### Input for this task

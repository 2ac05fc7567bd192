ghost use Rattle.std.specs.Prelude.{◌≡◌};
ghost use Rattle.cq_lex_java.specs.Words.{begins_identifier, continues_identifier, stood};

use cq_munch::StandIn;

// Whether an identifier may begin with the character.
#[tactic(auto, unfolding(crate::specs::Words::begins_identifier))]
fn begins_identifier(ch: char) -> bool
    ensures { result ≡ begins_identifier ch }
{
    unicode_ident::is_xid_start(ch) || ch == '_' || ch == '$'
}

// Whether an identifier may continue with the character.
#[tactic(auto, unfolding(crate::specs::Words::continues_identifier))]
fn continues_identifier(ch: char) -> bool
    ensures { result ≡ continues_identifier ch }
{
    unicode_ident::is_xid_continue(ch) || ch == '$'
}

/// How the table sees characters past ASCII.
#[derive(Clone, Copy, Debug, PartialEq, Eq)]
pub(crate) struct Seen;

impl StandIn for Seen {
    ghost stood = { stood };

    fn stand_in(ch: char) -> u32 {
        if ch.is_ascii() {
            return ch as u32;
        }
        if begins_identifier(ch) {
            return 128;
        }
        if continues_identifier(ch) { 129 } else { 130 }
    }
}

/// The 51 keywords, and true, false and null, by their first letter.
pub(crate) const RESERVED: [&[&[u8]]; 27] = [
    &[b"abstract", b"assert"],
    &[b"boolean", b"break", b"byte"],
    &[b"case", b"catch", b"char", b"class", b"const", b"continue"],
    &[b"default", b"do", b"double"],
    &[b"else", b"enum", b"extends"],
    &[b"false", b"final", b"finally", b"float", b"for"],
    &[b"goto"],
    &[],
    &[
        b"if",
        b"implements",
        b"import",
        b"instanceof",
        b"int",
        b"interface",
    ],
    &[],
    &[],
    &[b"long"],
    &[],
    &[b"native", b"new", b"null"],
    &[],
    &[b"package", b"private", b"protected", b"public"],
    &[],
    &[b"return"],
    &[
        b"short",
        b"static",
        b"strictfp",
        b"super",
        b"switch",
        b"synchronized",
    ],
    &[b"this", b"throw", b"throws", b"transient", b"true", b"try"],
    &[],
    &[b"void", b"volatile"],
    &[b"while"],
    &[],
    &[],
    &[],
    &[b"_"],
];
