ghost use Rattle.std.specs.Prelude.{◌≡◌, ◌≤◌, IsSome, IfOk, OnErr};
ghost use Rattle.cq_base.specs.Settings.{IsInRange};
ghost use Rattle.cq_listen.specs.Endings.{HasEnded, IsServedWith};
ghost use Rattle.cq_program.specs.Statuses.{HasListened, HasServed};

use crate::host::Host;
use crate::status::{Exit, Status, status_of_served};
use cq_base::{Counters, Memory, Settings};
use cq_chain::Pass;
use cq_io::{Doors, Failed, Gate, Sink, Source};
use cq_listen::{Floor, Served, serve};
use cq_session::NoLog;
use cq_shared::Shared;
use cq_words::Listen;
use cq_work::Work;
use std::marker::Brand;
use std::sync::Wait;
use std::sync::ledger::{Blank, Ledger};
use std::thread::Threads;

// Serves the connections of doors that are bound, over a shared hub that is made for them.
fn serve_clients<
    Q: Threads + Wait + Sync,
    L: Ledger + Send + Sync,
    I: Source + Send + Drop,
    O: Sink + Send + Drop,
    D: Doors<In = I, Out = O>,
    G: Gate + Sync,
>(
    host: &Host<'_, Q, G>,
    settings: Settings,
    doors: &mut D,
    workers: u32,
    sessions: u32,
    blank: Blank,
) -> Result<Served, Memory>
    requires name { blank.name ≡ L.name }
    requires parts { blank.parts ≡ L.parts }
    requires in_range { IsInRange settings }
    requires bound { IsSome (D.bound doors.old) }
    requires workers { workers ≤ 64 }
    requires sessions { sessions ≤ 64 }
    ensures ended { IfOk result (λ served. HasEnded (D.faults doors.old) (D.faults doors.new)
        (D.left doors.old) (D.left doors.new) served.failed) }
    ensures made { IfOk result (IsServedWith settings workers sessions) }
    ensures refused { OnErr result (doors.new ≡ doors.old) }
    ensures bound { D.bound doors.new ≡ D.bound doors.old }
{
    let counters: Counters<L> = Counters::new(blank);
    // One caller is the calling thread's, one each session's, and one each worker's.
    let callers = workers + sessions + 1;
    let made: (Shared<Work<L>, &Q>, Pass<Work<L>>) = Shared::new(
        host.rt, host.alloc, &settings, callers,
    )?;
    let (hub, pass) = made;
    let floor = Floor {
        alloc: host.alloc,
        settings: &settings,
        counters: &counters,
        hub: &hub,
        keeper: &NoLog,
        gate: host.gate,
    };
    serve(host.rt, &floor, pass, doors, workers, sessions)
}

/// Listens at the address, and serves the connections that come until no more will, on as many threads as there are to be
/// sessions, with workers beside them. A call of the doors also failed if the address can't be bound. Memory is refused only
/// before a door is asked for.
pub(crate) fn listen<
    Q: Threads + Wait + Sync,
    I: Source + Send + Drop,
    O: Sink + Send + Drop,
    D: Doors<In = I, Out = O>,
    G: Gate + Sync,
>(host: &Host<'_, Q, G>, asked: Listen, doors: &mut D) -> Exit
    requires in_range { IsInRange asked.settings }
    requires workers { asked.workers ≤ 64 }
    requires sessions { asked.sessions ≤ 64 }
    ensures listens { HasListened asked.address
        (D.bound doors.new) (D.left doors.old) (D.left doors.new)
        (D.faults doors.old) (D.faults doors.new) result.status }
    ensures served { HasServed asked (D.bound doors.old) (D.bound doors.new)
        result.status result.served }
{
    let Listen {
        settings,
        address,
        workers,
        sessions,
        connections: _,
    } = asked;
    match doors.bind(address) {
        Ok(()) => match serve_clients::<Q, Brand, I, O, D, G>(
            host,
            settings,
            doors,
            workers,
            sessions,
            Blank::new(1),
        ) {
            Ok(served) => Exit {
                status: status_of_served(served),
                served: Some(served),
            },
            Err(Memory) => Exit {
                status: Status::Memory,
                served: None,
            },
        },
        Err(Failed) => Exit {
            status: Status::DoorsFault,
            served: None,
        },
    }
}
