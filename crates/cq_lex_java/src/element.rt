ghost use Rattle.std.specs.Prelude.{◌≡◌, ◌<◌, ◌^◌, length};
ghost use Rattle.cq_munch.specs.Characters.{characters};
ghost use Rattle.cq_munch.specs.Tabled.{RowsTake};
ghost use Rattle.cq_lex_java.specs.Java.{rows};
ghost use Rattle.cq_lex_java.specs.Openers.{is_end};

use crate::scanner::{CLASSES, ENDS, NAMES, SPELLS, STEPS};
use crate::words::{RESERVED, Seen};
use cq_munch::{Automaton, Found, Unit, named_found};

/// Whether the character U+001A is all that is left.
pub(crate) fn is_end(units: &[Unit]) -> bool
    ensures { result ≡ is_end (characters units.now) }
{
    match units {
        [last] => last.ch == '\u{1A}',
        _ => false,
    }
}

/// The element at the front, if nothing is opened.
pub(crate) fn element(units: &[Unit], mode: u64) -> Option<Found>
    requires { length units.now < 2 ^ 32 }
    ensures { RowsTake rows mode (characters units.now) result }
{
    let by = Automaton {
        classes: &CLASSES,
        steps: &STEPS,
        ends: &ENDS,
    };
    named_found::<Seen>(by, &NAMES, &SPELLS, &RESERVED, mode, units)
}
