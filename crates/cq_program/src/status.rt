ghost use Rattle.std.specs.Prelude.{◌≡◌, ◌≢◌};
ghost use Rattle.cq_program.specs.Statuses as spec;
ghost use Rattle.cq_program.specs.declared.status.Status.TheVariants as ended;

use cq_export::Exported;
use cq_lines::End;
use cq_listen::Served;
use cq_shorten::Shortened;
use cq_tokask::Asked;

/// How a command ended.
#[derive(Clone, Copy, Debug, PartialEq, Eq)]
pub enum Status {
    /// Everything that was asked for was done.
    Done,
    /// The arguments are not valid, and nothing was done.
    Arguments,
    /// A read failed.
    ReadFault,
    /// A write failed.
    WriteFault,
    /// Memory was refused before a byte was written, a line was read or a connection was taken. `export`, `ask`, `serve` and
    /// `shorten` may have taken bytes by then, and `serve` may have mended the end of its log.
    Memory,
    /// A call of the doors failed.
    DoorsFault,
    /// As many bytes were read as may be.
    Spent,
    /// `export` found a line that is not a change that is accepted, and wrote nothing.
    LineRefused,
    /// `ask` found no token file of its settings, and wrote nothing.
    FileRefused,
    /// The file of `export` would be too large, and nothing was written.
    TooLarge,
}

impl Status {
    /// The number with which the process ends.
    pub fn code(self) -> u8
        ensures { result ≡ spec.code_of self }
    {
        match self {
            Status::Done => 0,
            Status::Arguments => 1,
            Status::ReadFault => 2,
            Status::WriteFault => 3,
            Status::Memory => 4,
            Status::DoorsFault => 5,
            Status::Spent => 6,
            Status::LineRefused => 7,
            Status::FileRefused => 8,
            Status::TooLarge => 9,
        }
    }
}

/// How the program exits.
#[derive(Clone, Copy, Debug, PartialEq, Eq)]
pub struct Exit {
    pub status: Status,
    /// What `listen` served connections with. None if memory was refused first, if the address could not be bound, and for
    /// every other command.
    pub served: Option<Served>,
}

/// The status of a run that ends so.
pub(crate) fn status_of(end: End) -> Status
    ensures status { result ≡ spec.status_of end }
    ensures some { result ≢ ended.Memory }
{
    match end {
        End::Finished => Status::Done,
        End::ReadFault => Status::ReadFault,
        End::WriteFault => Status::WriteFault,
        End::Spent => Status::Spent,
    }
}

/// The status of the asking of a kept version that ended so.
pub(crate) fn status_of_asked(asked: Asked) -> Status
    ensures status { result ≡ spec.status_of_asked asked }
    ensures some { result ≢ ended.Memory }
{
    match asked {
        Asked::Refused => Status::FileRefused,
        Asked::Ended(end) => status_of(end),
    }
}

/// The status of the writing of a version that ended so.
pub(crate) fn status_of_exported(exported: Exported) -> Status
    ensures status { result ≡ spec.status_of_exported exported }
    ensures some { result ≢ ended.Memory }
{
    match exported {
        Exported::Refused => Status::LineRefused,
        Exported::TooLarge => Status::TooLarge,
        Exported::Ended(end) => status_of(end),
    }
}

/// The status of the shortening of a log that ended so.
pub(crate) fn status_of_shortened(shortened: Shortened) -> Status
    ensures status { result ≡ spec.status_of_shortened shortened }
    ensures some { result ≢ ended.Memory }
{
    match shortened {
        Shortened::Refused => Status::LineRefused,
        Shortened::Ended(end) => status_of(end),
    }
}

/// The status of the serving of connections that ended so.
pub(crate) fn status_of_served(served: Served) -> Status
    ensures { result ≡ spec.status_of_served served }
{
    if served.failed {
        Status::DoorsFault
    } else {
        Status::Done
    }
}
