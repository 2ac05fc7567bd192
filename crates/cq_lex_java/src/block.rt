ghost use Rattle.std.specs.Prelude.{◌≡◌, ◌<◌, ◌^◌, length};
ghost use Rattle.cq_munch.specs.Characters.{characters};
ghost use Rattle.cq_munch.specs.Patterned.{rows_of};
ghost use Rattle.cq_munch.specs.Tabled.{RowsTake};
ghost use Rattle.cq_lex_java.specs.Blocks.{is_line_end, is_space, opens, opening, text_blocks};
ghost use Rattle.cq_lex_java.specs.TextBlocks.{TextBlocksAreWritten};

use cq_base::Class;
use cq_munch::{Automaton, Found, Itself, Spell, Unit, longest_found};

fn is_line_end(ch: char) -> bool
    ensures { result ≡ is_line_end ch }
{
    ch == '\r' || ch == '\n'
}

fn is_space(ch: char) -> bool
    ensures { result ≡ is_space ch }
{
    ch == ' ' || ch == '\t' || ch == '\u{C}'
}

// Whether there are blanks and a line's end at the front.
fn ends_opening(units: &[Unit]) -> bool
    ensures { result ≡ opening (characters units.now) }
{
    for unit in units {
        if is_line_end(unit.ch) {
            return true;
        }
        if !is_space(unit.ch) {
            return false;
        }
    }
    false
}

/// Whether a text block is opened at the front.
pub(crate) fn opens_block(units: &[Unit]) -> bool
    ensures { result ≡ opens (characters units.now) }
{
    match units {
        [first, second, third, rest @ ..] => first.ch == '"'
            && second.ch == '"'
            && third.ch == '"'
            && ends_opening(rest),
        _ => false,
    }
}

/// The text block at the front, if it is closed.
pub(crate) fn closed_block(units: &[Unit], mode: u64) -> Option<Found>
    requires { length units.now < 2 ^ 32 }
    ensures { RowsTake (rows_of text_blocks) mode (characters units.now) result }
{
    let by = Automaton {
        classes: &CLASSES,
        steps: &STEPS,
        ends: &ENDS,
    };
    longest_found::<Itself>(by, &[Spell::Token(Class::Literal)], mode, units)
}

/// A text block is exactly three quotes, blanks, a line end, a content with no three quotes except after a backslash, and
/// three quotes.
pub fn text_blocks_are_written()
    ensures { TextBlocksAreWritten }
{}

// What follows was written by bench/tables.
pub(crate) static CLASSES: [u8; 128] = [
    0, 0, 0, 0, 0, 0, 0, 0, 0, 1, 2, 0, 1, 2, 0, 0, 0, 0, 0, 0, 0, 0, 0, 0, 0, 0, 0, 0, 0, 0, 0, 0,
    1, 0, 3, 0, 0, 0, 0, 0, 0, 0, 0, 0, 0, 0, 0, 0, 0, 0, 0, 0, 0, 0, 0, 0, 0, 0, 0, 0, 0, 0, 0, 0,
    0, 0, 0, 0, 0, 0, 0, 0, 0, 0, 0, 0, 0, 0, 0, 0, 0, 0, 0, 0, 0, 0, 0, 0, 0, 0, 0, 0, 4, 0, 0, 0,
    0, 0, 0, 0, 0, 0, 0, 0, 0, 0, 0, 0, 0, 0, 0, 0, 0, 0, 0, 0, 0, 0, 0, 0, 0, 0, 0, 0, 0, 0, 0, 0,
];

pub(crate) static STEPS: [[u8; 32]; 9] = [
    *b"00020000000000000000000000000000",
    *b"00030000000000000000000000000000",
    *b"00040000000000000000000000000000",
    *b"04500000000000000000000000000000",
    *b"55567000000000000000000000000000",
    *b"55587000000000000000000000000000",
    *b"55555000000000000000000000000000",
    *b"55597000000000000000000000000000",
    *b"00000000000000000000000000000000",
];

pub(crate) static ENDS: [u8; 9] = [0, 0, 0, 0, 0, 0, 0, 0, 1];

######

Work request
Write out the records exactly, starting at the first line and stopping after the line that contains "begin with the character.".

Answer box
repository 2ac05fc7567bd192
ghost use Rattle.std.specs.Prelude.{◌≡◌};
ghost use Rattle.cq_lex_java.specs.Words.{begins_identifier, continues_identifier, stood};

use cq_munch::StandIn;

// Whether an identifier may begin with the character.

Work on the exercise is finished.